From the entries below, copy every line that has the word "segs".

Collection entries
###

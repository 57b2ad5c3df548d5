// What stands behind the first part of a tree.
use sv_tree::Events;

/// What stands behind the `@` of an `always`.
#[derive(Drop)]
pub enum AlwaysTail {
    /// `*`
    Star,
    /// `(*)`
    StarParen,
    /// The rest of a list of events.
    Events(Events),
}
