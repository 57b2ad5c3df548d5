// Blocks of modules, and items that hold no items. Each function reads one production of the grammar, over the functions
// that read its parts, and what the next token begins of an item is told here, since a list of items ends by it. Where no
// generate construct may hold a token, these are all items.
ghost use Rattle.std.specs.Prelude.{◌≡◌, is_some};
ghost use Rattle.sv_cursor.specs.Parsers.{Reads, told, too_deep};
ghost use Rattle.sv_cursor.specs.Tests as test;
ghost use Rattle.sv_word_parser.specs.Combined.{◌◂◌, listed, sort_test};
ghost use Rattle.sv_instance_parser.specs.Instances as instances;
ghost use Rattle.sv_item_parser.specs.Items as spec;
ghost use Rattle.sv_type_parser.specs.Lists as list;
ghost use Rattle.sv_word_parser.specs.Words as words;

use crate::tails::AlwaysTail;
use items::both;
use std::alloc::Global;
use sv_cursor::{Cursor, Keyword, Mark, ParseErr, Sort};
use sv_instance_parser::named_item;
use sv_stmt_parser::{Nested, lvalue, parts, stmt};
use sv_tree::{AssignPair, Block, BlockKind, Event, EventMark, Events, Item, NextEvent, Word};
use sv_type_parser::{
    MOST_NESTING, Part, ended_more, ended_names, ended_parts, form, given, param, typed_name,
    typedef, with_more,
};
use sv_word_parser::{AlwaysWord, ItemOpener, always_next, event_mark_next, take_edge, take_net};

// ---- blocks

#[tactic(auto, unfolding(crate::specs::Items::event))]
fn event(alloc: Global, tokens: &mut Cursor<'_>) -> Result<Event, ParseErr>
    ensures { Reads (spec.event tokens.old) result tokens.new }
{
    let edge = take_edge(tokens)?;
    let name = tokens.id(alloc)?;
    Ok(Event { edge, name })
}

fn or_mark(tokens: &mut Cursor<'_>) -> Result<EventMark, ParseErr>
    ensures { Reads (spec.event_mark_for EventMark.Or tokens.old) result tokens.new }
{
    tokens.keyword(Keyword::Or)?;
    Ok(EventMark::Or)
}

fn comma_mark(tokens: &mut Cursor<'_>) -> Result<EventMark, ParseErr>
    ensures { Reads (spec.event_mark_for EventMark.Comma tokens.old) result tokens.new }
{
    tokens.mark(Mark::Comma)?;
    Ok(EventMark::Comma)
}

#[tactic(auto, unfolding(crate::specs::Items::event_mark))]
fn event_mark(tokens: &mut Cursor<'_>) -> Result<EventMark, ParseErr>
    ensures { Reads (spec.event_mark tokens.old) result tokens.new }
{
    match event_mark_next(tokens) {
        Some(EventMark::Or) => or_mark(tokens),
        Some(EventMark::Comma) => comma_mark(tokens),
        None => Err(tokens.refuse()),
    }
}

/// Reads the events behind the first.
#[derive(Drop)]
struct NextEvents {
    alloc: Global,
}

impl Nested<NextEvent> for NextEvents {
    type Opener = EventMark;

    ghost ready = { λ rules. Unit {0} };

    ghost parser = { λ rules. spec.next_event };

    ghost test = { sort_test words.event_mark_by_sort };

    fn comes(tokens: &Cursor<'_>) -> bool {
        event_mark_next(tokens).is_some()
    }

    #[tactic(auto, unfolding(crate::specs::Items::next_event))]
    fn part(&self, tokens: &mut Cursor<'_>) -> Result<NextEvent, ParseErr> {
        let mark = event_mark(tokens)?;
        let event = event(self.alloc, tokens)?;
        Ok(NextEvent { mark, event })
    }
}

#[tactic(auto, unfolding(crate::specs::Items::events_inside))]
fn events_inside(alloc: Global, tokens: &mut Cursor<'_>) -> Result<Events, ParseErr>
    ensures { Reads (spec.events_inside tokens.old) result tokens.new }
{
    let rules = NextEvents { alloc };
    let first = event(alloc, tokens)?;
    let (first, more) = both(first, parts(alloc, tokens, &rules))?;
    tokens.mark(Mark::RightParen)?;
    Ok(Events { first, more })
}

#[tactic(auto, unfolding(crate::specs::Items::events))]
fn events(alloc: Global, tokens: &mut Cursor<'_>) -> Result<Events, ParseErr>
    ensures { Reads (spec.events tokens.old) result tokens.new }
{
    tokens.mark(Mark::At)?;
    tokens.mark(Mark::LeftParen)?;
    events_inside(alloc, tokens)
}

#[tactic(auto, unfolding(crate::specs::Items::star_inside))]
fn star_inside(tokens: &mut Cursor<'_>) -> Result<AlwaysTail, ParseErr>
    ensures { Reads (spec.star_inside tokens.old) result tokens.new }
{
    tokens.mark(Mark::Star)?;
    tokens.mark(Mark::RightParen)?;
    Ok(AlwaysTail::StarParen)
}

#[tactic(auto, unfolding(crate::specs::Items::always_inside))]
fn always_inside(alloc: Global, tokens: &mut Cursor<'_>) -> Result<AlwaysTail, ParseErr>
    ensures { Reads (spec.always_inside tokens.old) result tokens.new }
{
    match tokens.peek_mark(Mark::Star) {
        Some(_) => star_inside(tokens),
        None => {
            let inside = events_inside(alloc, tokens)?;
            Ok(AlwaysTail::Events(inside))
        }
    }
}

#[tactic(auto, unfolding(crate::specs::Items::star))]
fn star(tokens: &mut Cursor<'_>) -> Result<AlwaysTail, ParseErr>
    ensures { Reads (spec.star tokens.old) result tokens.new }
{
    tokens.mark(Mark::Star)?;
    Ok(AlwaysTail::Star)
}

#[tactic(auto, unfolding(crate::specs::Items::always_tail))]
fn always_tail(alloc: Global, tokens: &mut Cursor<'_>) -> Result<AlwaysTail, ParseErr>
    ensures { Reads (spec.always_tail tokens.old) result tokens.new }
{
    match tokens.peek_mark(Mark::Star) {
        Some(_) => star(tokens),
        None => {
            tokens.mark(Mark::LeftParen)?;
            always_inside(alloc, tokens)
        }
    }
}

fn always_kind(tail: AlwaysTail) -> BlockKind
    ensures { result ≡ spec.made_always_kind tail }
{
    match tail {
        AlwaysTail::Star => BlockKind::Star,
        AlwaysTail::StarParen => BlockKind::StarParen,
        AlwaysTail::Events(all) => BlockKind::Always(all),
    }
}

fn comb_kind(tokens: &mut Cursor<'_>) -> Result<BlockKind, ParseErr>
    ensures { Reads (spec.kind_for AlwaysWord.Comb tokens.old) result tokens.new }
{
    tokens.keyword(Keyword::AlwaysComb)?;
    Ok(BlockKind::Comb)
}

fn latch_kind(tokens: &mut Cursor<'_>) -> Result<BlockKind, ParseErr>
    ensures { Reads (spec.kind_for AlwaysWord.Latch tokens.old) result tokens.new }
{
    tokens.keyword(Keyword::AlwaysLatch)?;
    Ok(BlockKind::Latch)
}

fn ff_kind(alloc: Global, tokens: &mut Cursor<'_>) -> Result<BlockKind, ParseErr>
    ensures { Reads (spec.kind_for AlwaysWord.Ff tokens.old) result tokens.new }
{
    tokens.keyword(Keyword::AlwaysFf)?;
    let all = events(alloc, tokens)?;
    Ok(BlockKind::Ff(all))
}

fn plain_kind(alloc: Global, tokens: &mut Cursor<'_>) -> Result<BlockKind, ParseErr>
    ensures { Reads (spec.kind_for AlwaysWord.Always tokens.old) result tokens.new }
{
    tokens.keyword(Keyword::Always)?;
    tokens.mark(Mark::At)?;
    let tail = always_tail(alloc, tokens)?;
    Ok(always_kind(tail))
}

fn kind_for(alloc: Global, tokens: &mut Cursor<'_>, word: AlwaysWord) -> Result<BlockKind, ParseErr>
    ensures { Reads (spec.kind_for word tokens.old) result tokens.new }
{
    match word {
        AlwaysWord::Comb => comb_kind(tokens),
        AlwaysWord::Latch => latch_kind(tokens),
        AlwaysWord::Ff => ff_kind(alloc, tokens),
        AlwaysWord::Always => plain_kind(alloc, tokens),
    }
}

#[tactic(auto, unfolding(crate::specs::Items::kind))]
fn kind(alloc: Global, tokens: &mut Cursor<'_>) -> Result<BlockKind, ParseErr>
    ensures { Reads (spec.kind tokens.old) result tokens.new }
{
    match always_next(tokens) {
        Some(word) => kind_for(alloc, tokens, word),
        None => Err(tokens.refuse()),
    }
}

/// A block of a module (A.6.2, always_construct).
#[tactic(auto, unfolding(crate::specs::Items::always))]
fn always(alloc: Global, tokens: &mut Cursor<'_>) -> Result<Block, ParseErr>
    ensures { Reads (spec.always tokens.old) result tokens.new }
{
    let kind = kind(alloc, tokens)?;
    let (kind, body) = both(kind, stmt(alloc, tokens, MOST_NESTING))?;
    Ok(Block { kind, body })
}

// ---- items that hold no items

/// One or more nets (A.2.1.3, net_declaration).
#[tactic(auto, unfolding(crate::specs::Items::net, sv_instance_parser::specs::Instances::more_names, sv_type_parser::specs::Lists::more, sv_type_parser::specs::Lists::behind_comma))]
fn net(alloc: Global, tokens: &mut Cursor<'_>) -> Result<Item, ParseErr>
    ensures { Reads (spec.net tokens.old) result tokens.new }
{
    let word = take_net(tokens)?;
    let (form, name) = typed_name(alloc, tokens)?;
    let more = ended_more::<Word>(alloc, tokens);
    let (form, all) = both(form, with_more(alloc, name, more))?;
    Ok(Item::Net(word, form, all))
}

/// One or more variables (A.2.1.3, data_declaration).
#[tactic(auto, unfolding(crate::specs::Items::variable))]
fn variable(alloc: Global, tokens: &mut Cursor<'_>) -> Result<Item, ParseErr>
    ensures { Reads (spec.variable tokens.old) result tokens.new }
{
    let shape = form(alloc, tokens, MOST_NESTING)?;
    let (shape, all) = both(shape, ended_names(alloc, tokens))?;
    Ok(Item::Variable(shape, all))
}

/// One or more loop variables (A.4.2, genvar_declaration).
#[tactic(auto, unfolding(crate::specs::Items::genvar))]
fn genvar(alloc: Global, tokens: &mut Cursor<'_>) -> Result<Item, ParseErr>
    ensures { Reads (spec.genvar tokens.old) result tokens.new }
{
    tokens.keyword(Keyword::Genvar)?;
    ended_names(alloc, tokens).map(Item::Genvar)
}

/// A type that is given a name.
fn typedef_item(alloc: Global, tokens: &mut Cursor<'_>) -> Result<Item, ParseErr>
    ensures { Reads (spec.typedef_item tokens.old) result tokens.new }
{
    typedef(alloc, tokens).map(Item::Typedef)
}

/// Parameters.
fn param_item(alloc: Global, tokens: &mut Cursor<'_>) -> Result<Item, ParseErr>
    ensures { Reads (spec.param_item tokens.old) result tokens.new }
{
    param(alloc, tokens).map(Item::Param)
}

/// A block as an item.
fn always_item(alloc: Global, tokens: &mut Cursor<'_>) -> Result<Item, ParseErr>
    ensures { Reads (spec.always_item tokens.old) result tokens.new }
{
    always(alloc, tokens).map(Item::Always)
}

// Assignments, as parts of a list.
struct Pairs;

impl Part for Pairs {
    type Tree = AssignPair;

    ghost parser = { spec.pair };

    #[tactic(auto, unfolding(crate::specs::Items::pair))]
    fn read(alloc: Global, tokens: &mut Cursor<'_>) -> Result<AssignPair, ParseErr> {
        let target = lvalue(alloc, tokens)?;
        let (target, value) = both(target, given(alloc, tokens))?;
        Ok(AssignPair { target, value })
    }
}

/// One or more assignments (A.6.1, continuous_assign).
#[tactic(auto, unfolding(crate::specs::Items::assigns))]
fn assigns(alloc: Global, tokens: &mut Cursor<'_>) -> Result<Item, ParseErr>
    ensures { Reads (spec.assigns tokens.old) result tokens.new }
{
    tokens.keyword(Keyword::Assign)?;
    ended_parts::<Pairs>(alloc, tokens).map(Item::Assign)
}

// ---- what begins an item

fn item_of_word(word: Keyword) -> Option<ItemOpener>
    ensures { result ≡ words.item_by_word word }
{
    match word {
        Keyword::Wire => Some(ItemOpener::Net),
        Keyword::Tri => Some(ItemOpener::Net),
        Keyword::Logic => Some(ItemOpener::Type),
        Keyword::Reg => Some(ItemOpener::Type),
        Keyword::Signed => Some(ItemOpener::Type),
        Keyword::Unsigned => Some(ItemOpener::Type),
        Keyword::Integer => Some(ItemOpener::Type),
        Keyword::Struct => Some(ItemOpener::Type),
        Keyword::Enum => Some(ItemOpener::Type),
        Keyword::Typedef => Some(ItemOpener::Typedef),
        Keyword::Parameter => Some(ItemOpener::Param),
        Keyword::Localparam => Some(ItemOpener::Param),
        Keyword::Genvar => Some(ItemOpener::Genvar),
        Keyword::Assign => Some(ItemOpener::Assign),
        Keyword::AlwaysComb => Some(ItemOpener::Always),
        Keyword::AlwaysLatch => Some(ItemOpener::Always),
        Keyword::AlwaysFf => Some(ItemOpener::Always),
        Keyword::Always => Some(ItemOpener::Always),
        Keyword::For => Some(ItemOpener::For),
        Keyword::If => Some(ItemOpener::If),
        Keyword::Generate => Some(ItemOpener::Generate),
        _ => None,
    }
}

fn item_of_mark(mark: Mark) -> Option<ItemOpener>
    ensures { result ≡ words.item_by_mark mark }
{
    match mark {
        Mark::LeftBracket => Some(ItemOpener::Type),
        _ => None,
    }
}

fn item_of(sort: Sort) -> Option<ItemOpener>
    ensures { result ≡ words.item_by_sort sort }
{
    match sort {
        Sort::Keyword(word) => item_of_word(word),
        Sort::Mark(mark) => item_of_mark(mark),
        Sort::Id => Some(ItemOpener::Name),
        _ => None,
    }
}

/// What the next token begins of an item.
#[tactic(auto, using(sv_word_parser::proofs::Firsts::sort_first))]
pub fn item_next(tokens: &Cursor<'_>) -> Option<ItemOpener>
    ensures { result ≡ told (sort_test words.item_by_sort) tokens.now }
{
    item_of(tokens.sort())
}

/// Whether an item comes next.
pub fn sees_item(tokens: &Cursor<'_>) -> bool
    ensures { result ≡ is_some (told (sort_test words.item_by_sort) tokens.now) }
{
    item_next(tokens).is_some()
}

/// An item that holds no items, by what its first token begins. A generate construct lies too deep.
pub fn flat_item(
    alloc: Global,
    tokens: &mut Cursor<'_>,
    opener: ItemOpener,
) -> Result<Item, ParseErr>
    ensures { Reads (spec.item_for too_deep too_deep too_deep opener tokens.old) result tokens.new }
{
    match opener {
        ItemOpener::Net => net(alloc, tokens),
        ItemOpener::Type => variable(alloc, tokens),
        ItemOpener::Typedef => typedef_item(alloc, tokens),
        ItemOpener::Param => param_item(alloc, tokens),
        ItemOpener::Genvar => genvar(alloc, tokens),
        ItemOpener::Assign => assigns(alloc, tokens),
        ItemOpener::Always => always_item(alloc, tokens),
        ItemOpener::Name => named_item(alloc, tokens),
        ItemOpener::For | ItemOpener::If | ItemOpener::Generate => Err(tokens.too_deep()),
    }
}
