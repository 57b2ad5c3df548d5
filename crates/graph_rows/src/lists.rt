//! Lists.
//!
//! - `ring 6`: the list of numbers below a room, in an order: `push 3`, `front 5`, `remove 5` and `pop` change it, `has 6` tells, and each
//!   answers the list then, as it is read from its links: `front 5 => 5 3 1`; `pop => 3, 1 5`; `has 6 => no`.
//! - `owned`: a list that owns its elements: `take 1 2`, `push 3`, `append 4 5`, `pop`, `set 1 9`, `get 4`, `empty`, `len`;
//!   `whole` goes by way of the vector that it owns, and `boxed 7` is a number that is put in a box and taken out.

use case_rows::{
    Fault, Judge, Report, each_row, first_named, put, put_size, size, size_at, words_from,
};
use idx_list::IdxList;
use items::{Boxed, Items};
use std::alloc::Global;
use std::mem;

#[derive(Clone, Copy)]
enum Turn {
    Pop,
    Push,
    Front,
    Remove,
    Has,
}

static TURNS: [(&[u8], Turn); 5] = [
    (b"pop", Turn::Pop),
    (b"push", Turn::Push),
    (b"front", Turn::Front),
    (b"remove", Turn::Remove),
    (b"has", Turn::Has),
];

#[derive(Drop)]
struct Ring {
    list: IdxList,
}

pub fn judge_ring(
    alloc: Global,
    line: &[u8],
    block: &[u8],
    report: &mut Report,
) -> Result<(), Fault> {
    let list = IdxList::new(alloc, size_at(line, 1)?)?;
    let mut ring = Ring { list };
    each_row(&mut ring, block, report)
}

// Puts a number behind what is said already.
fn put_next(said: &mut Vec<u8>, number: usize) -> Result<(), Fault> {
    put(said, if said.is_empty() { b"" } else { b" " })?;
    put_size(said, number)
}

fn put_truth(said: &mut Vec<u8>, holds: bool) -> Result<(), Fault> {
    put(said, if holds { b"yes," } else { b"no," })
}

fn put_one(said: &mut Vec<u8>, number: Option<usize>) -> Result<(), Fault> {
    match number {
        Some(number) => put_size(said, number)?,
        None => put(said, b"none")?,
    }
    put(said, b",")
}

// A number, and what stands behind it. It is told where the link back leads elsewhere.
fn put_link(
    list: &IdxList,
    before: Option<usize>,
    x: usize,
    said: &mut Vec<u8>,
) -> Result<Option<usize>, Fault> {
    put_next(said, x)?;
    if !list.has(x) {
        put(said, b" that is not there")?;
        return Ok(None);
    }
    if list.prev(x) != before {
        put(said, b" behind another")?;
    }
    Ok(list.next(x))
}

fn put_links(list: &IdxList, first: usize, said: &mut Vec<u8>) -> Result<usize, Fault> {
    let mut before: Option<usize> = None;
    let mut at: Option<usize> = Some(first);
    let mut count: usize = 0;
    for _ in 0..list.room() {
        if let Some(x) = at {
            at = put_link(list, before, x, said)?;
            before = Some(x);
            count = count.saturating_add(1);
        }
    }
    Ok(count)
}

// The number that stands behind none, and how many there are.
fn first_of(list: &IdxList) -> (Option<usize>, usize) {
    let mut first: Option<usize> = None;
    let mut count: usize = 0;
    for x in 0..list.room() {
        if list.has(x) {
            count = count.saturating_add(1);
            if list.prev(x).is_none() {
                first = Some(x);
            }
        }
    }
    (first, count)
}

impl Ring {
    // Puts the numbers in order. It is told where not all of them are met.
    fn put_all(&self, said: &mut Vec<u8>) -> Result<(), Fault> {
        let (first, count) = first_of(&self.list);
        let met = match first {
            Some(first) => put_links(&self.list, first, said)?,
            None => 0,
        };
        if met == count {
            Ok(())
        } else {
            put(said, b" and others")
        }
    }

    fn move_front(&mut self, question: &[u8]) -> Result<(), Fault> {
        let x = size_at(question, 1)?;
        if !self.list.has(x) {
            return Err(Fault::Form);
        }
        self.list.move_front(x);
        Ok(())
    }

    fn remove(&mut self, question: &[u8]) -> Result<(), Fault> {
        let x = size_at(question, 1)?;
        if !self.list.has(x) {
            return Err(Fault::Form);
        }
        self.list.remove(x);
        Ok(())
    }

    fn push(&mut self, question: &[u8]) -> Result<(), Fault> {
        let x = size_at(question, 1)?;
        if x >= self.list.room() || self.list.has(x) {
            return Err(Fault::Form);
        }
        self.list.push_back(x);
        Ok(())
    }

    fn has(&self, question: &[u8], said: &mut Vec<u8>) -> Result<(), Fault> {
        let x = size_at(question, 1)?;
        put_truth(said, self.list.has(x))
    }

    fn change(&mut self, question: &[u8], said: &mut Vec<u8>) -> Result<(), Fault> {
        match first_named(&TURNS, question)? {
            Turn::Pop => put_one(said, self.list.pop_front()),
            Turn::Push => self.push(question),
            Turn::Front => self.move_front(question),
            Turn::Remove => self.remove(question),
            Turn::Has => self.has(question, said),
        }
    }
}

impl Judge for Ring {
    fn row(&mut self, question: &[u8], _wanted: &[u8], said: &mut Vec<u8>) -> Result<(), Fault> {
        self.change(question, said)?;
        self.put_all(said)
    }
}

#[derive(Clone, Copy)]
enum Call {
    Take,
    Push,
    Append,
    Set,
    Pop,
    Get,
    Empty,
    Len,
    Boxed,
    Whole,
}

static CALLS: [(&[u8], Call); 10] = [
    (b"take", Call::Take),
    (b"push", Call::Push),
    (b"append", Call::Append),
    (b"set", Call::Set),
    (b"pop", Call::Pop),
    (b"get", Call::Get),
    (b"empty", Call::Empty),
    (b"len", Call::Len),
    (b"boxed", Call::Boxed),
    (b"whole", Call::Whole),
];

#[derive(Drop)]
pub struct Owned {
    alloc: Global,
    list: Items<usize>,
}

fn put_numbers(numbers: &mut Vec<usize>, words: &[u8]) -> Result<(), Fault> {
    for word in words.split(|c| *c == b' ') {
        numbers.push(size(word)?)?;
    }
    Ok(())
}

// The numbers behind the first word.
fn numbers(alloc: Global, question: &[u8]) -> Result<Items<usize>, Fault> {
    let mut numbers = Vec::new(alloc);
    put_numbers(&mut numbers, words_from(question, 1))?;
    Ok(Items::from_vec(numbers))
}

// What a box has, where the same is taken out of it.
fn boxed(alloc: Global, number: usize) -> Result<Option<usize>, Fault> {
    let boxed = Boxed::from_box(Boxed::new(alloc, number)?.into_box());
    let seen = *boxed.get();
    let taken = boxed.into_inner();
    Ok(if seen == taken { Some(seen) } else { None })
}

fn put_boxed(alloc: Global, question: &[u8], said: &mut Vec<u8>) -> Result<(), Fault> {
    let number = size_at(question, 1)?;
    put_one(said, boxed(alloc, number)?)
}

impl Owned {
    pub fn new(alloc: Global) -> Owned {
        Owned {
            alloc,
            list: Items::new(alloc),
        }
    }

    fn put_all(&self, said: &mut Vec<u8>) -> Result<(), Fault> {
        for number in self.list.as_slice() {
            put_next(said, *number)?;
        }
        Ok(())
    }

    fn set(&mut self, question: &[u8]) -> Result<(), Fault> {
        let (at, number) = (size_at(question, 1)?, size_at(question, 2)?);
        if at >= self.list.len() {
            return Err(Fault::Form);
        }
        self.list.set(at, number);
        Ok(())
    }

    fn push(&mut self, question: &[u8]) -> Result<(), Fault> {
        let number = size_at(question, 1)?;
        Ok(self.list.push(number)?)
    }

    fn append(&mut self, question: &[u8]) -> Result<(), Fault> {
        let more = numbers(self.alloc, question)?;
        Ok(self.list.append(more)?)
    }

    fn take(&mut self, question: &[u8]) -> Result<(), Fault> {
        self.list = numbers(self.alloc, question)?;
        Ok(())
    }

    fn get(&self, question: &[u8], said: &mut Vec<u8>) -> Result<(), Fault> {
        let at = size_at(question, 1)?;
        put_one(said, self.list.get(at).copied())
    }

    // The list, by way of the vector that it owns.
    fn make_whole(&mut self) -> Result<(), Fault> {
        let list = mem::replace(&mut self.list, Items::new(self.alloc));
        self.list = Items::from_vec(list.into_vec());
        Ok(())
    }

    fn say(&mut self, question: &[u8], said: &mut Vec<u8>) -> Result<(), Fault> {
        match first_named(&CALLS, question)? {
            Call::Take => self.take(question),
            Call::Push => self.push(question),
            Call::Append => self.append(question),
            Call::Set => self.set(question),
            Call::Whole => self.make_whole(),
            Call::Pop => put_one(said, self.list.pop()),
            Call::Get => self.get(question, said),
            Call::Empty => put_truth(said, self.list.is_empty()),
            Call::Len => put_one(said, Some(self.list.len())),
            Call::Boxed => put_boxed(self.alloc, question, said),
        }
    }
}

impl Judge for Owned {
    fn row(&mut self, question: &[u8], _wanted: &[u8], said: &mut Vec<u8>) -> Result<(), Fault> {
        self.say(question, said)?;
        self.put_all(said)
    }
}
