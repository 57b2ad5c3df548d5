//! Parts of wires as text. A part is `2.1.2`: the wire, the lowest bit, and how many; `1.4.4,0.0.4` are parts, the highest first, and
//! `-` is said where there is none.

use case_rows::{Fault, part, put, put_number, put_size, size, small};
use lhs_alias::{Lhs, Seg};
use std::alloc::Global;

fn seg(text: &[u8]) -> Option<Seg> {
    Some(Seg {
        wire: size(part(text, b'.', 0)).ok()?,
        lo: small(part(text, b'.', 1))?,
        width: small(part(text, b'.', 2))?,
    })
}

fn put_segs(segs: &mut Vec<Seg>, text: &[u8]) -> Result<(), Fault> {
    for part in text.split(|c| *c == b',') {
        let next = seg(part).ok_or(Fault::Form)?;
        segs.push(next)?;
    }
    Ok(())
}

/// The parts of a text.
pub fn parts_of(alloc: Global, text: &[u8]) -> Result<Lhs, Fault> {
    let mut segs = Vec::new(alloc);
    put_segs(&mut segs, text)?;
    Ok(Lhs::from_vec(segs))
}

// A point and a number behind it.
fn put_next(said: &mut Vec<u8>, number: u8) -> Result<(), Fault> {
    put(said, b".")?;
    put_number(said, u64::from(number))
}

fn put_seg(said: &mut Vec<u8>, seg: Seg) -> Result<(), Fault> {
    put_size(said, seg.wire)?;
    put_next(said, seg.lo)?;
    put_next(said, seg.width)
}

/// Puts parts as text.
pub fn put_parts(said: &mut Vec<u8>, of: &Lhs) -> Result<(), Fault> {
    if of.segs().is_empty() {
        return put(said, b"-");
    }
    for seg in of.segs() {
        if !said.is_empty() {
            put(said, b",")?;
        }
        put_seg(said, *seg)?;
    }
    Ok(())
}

###

[Reply to the task]
fn put_segs(segs: &mut Vec<Seg>, text: &[u8]) -> Result<(), Fault> {
        segs.push(next)?;
    let mut segs = Vec::new(alloc);
    put_segs(&mut segs, text)?;
    Ok(Lhs::from_vec(segs))
    if of.segs().is_empty() {
    for seg in of.segs() {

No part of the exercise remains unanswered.